● **WORK ORDER**:
The answer must match the listing exactly, with every line written out again.

● **DATA EXCERPTS**:
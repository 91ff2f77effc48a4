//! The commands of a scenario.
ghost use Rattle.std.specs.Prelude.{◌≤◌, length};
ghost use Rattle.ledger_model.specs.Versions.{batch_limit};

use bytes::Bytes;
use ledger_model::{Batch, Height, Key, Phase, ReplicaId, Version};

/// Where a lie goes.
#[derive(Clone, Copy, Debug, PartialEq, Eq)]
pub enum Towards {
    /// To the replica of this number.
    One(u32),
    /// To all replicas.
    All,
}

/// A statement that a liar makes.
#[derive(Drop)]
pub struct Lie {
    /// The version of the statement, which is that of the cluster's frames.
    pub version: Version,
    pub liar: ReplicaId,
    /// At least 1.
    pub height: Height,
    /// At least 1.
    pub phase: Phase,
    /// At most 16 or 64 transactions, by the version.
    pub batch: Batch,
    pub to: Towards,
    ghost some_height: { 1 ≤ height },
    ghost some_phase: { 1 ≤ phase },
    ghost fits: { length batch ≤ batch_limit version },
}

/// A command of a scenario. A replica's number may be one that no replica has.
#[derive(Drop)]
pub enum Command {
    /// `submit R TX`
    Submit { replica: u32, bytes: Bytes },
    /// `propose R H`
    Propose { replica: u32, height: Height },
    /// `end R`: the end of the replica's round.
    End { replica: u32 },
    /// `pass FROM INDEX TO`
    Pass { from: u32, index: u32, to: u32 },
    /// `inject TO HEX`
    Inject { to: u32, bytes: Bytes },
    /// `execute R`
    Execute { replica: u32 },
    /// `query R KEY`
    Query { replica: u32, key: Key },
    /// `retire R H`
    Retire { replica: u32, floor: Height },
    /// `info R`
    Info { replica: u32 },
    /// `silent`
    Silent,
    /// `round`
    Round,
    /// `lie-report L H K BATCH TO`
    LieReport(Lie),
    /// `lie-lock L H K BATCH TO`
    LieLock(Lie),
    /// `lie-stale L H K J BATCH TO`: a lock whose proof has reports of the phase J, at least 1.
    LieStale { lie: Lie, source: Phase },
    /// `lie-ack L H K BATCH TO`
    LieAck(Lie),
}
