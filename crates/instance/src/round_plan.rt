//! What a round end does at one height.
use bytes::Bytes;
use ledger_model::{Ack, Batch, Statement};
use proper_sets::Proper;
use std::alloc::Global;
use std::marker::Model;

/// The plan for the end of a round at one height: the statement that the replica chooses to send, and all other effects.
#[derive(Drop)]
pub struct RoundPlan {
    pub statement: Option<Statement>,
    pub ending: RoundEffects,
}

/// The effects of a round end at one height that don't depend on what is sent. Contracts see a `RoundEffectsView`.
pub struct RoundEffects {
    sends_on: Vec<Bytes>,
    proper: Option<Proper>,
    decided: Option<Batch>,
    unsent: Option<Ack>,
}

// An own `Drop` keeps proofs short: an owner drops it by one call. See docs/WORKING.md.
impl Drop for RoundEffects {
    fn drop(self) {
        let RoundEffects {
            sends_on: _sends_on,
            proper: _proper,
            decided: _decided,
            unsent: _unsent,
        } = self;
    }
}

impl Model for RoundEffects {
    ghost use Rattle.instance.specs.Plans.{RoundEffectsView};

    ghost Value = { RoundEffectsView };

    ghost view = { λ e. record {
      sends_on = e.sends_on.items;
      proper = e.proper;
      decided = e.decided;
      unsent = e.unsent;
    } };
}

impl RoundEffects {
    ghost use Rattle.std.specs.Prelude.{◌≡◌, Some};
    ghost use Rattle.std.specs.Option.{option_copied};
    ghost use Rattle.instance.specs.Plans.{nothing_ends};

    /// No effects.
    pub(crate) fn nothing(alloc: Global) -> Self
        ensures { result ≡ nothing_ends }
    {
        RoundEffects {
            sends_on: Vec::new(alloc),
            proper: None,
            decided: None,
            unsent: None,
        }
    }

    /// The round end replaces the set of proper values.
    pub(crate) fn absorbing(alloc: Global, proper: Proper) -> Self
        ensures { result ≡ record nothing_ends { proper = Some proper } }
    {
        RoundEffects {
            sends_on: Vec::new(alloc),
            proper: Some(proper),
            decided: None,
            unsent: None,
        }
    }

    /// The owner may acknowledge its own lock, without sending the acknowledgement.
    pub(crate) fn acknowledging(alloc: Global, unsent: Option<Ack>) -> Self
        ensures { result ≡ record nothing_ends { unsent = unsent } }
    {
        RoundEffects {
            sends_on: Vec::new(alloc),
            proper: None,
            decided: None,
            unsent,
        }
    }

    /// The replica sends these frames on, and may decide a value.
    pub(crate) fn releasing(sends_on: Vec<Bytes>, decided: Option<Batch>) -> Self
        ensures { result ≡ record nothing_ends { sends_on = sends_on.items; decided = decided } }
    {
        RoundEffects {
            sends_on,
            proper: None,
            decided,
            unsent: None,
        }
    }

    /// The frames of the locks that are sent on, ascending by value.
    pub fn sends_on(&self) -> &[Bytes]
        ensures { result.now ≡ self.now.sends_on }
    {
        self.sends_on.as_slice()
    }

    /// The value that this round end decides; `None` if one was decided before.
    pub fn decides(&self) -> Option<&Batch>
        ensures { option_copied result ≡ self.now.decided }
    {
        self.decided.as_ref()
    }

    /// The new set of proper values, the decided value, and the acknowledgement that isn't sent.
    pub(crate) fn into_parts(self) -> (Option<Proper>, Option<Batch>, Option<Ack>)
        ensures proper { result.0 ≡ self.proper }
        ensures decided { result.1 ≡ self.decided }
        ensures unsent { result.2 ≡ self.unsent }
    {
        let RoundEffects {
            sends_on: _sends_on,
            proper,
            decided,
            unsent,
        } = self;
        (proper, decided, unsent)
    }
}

● **SOLVED PROBLEM**:
repository 91ff2f77effc48a4
//! The commands of a scenario.
ghost use Rattle.std.specs.Prelude.{◌≤◌, length};
ghost use Rattle.ledger_model.specs.Versions.{batch_limit};

use bytes::Bytes;
use ledger_model::{Batch, Height, Key, Phase, ReplicaId, Version};

/// Where a lie goes.
#[derive(Clone, Copy, Debug, PartialEq, Eq)]
pub enum Towards {
    /// To the replica of this number.
    One(u32),
    /// To all replicas.
    All,
}

/// A statement that a liar makes.
#[derive(Drop)]
pub struct Lie {
    /// The version of the statement, which is that of the cluster's frames.
    pub version: Version,
    pub liar: ReplicaId,
    /// At least 1.
    pub height: Height,
    /// At least 1.
    pub phase: Phase,
    /// At most 16 or 64 transactions, by the version.
    pub batch: Batch,
    pub to: Towards,
    ghost some_height: { 1 ≤ height },
    ghost some_phase: { 1 ≤ phase },
    ghost fits: { length batch ≤ batch_limit version },
}

/// A command of a scenario. A replica's number may be one that no replica has.
#[derive(Drop)]
pub enum Command {
    /// `submit R TX`
    Submit { replica: u32, bytes: Bytes },
    /// `propose R H`
    Propose { replica: u32, height: Height },
    /// `end R`: the end of the replica's round.
    End { replica: u32 },
    /// `pass FROM INDEX TO`
    Pass { from: u32, index: u32, to: u32 },
    /// `inject TO HEX`
    Inject { to: u32, bytes: Bytes },
    /// `execute R`
    Execute { replica: u32 },
    /// `query R KEY`
    Query { replica: u32, key: Key },
    /// `retire R H`
    Retire { replica: u32, floor: Height },
    /// `info R`
    Info { replica: u32 },
    /// `silent`
    Silent,
    /// `round`
    Round,
    /// `lie-report L H K BATCH TO`
    LieReport(Lie),
    /// `lie-lock L H K BATCH TO`
    LieLock(Lie),
    /// `lie-stale L H K J BATCH TO`: a lock whose proof has reports of the phase J, at least 1.
    LieStale { lie: Lie, source: Phase },
    /// `lie-ack L H K BATCH TO`
    LieAck(Lie),
}
filename crates/instance/src/round_plan.rt
//! What a round end does at one height.
use bytes::Bytes;
use ledger_model::{Ack, Batch, Statement};
use proper_sets::Proper;
use std::alloc::Global;
use std::marker::Model;

/// The plan for the end of a round at one height: the statement that the replica chooses to send, and all other effects.
#[derive(Drop)]
pub struct RoundPlan {
    pub statement: Option<Statement>,
    pub ending: RoundEffects,
}

/// The effects of a round end at one height that don't depend on what is sent. Contracts see a `RoundEffectsView`.
pub struct RoundEffects {
    sends_on: Vec<Bytes>,
    proper: Option<Proper>,
    decided: Option<Batch>,
    unsent: Option<Ack>,
}

// An own `Drop` keeps proofs short: an owner drops it by one call. See docs/WORKING.md.
impl Drop for RoundEffects {
    fn drop(self) {
        let RoundEffects {
            sends_on: _sends_on,
            proper: _proper,
            decided: _decided,
            unsent: _unsent,
        } = self;
    }
}

impl Model for RoundEffects {
    ghost use Rattle.instance.specs.Plans.{RoundEffectsView};

    ghost Value = { RoundEffectsView };

    ghost view = { λ e. record {
      sends_on = e.sends_on.items;
      proper = e.proper;
      decided = e.decided;
      unsent = e.unsent;
    } };
}

impl RoundEffects {
    ghost use Rattle.std.specs.Prelude.{◌≡◌, Some};
    ghost use Rattle.std.specs.Option.{option_copied};
    ghost use Rattle.instance.specs.Plans.{nothing_ends};

    /// No effects.
    pub(crate) fn nothing(alloc: Global) -> Self
        ensures { result ≡ nothing_ends }
    {
        RoundEffects {
            sends_on: Vec::new(alloc),
            proper: None,
            decided: None,
            unsent: None,
        }
    }

    /// The round end replaces the set of proper values.
    pub(crate) fn absorbing(alloc: Global, proper: Proper) -> Self
        ensures { result ≡ record nothing_ends { proper = Some proper } }
    {
        RoundEffects {
            sends_on: Vec::new(alloc),
            proper: Some(proper),
            decided: None,
            unsent: None,
        }
    }

    /// The owner may acknowledge its own lock, without sending the acknowledgement.
    pub(crate) fn acknowledging(alloc: Global, unsent: Option<Ack>) -> Self
        ensures { result ≡ record nothing_ends { unsent = unsent } }
    {
        RoundEffects {
            sends_on: Vec::new(alloc),
            proper: None,
            decided: None,
            unsent,
        }
    }

    /// The replica sends these frames on, and may decide a value.
    pub(crate) fn releasing(sends_on: Vec<Bytes>, decided: Option<Batch>) -> Self
        ensures { result ≡ record nothing_ends { sends_on = sends_on.items; decided = decided } }
    {
        RoundEffects {
            sends_on,
            proper: None,
            decided,
            unsent: None,
        }
    }

    /// The frames of the locks that are sent on, ascending by value.
    pub fn sends_on(&self) -> &[Bytes]
        ensures { result.now ≡ self.now.sends_on }
    {
        self.sends_on.as_slice()
    }

    /// The value that this round end decides; `None` if one was decided before.
    pub fn decides(&self) -> Option<&Batch>
        ensures { option_copied result ≡ self.now.decided }
    {
        self.decided.as_ref()
    }

    /// The new set of proper values, the decided value, and the acknowledgement that isn't sent.
    pub(crate) fn into_parts(self) -> (Option<Proper>, Option<Batch>, Option<Ack>)
        ensures proper { result.0 ≡ self.proper }
        ensures decided { result.1 ≡ self.decided }
        ensures unsent { result.2 ≡ self.unsent }
    {
        let RoundEffects {
            sends_on: _sends_on,
            proper,
            decided,
            unsent,
        } = self;
        (proper, decided, unsent)
    }
}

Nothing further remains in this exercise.